Listy od czytelników nr 51/2022

Listy od czytelników nr 51/2022

Każdy może być psychoterapeutą
To jest straszne. Ale jeszcze straszniejsze jest to, że ludziom z odpowiednimi kwalifikacjami nie przeszkadza taki stan rzeczy. To źle świadczy o środowisku psychologów, które toleruje tę sytuację i przy okazji samo jest wolne od nadzoru, weryfikowania wiedzy i sprawdzania skutków prowadzonej terapii. Czy ktoś sobie wyobraża, że np. środowisko chirurgów dozna takiego rozluźnienia pojęcia chirurg, że operacje będzie mógł przeprowadzać ślusarz?

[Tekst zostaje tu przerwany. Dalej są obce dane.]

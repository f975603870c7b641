//! How soon a system rests, in words: what its text asks, lines by its names, and which parts keep what they are to.
#![tactic(auto)]

mod answers;
mod asked;
mod broken_rates;
mod faults;
mod keeping;
mod level_runs;
mod levels;
mod lines;
mod rates;
mod telling;
mod wanted;

pub use answers::{Answer, answers_in};
pub use asked::{asks_responses, rates_in, says_rates};
pub use broken_rates::notes_on_rates;
pub use faults::NotTold;
pub use keeping::{Kept, KeptWithin, keep};
pub use level_runs::longest_runs;
pub use telling::{Told, tell};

Najwyraźniej część psychologów potrafi sobie taką rzeczywistość wyobrazić, a nawet ją zaakceptować. A gdy w środowisku psychologów pojawi się taki pan Witkowski, mówiąc, jak jest i że jest źle, to go oskarżą, że chce zbić kasę na robieniu szumu. Kasę na pseudonaukowym „leczeniu” można za to zbijać bez wstydu.

Michał Błaszczak

Psychoterapia stała się kolejnym towarem, oferowanym jako luksusowy i poprawiający komfort życia, zupełnie jak nowy zestaw garnków czy kołder.

Małgorzata Kulczyk

Hamulcowi polskich kolei
PKP w PRL to była jedna firma. Po 1989 r. podzielono ją na spółeczki. Koleje państwowe powinny być firmą z misją, a nie dążącą do maksymalizacji zysków kosztem wykluczenia. Kiedyś PKP uzgadniały swój rozkład jazdy z PKS, bo kolej łączyła duże i średnie miejscowości, a PKS rozwoził po okolicy. Oczywiście PKS również miał trasy dalekobieżne, ale to był margines jego działalności. Transport towarowy PKP i PKS pomagał rozwijać i finansować transport pasażerski, bo to oczywiste, że transport publiczny jest dotowany, inaczej ludzi nie byłoby stać na korzystanie z niego.

Piotr Rączkowski

Energetyka jądrowa
Rządzących interesują tylko prowizje od kontraktów. Wybrali na dostawcę elektrowni Westinghouse, bankruta, firmę skompromitowaną w Japonii (Fukushima). Nie zastanawiają się, skąd wezmą paliwo jądrowe ani jak sobie poradzą z odpadami radioaktywnymi. USA kupują uran od Rosji i będą nam go sprzedawać trzy razy drożej – jak gaz. Co ci nieudacznicy jeszcze wymyślą?!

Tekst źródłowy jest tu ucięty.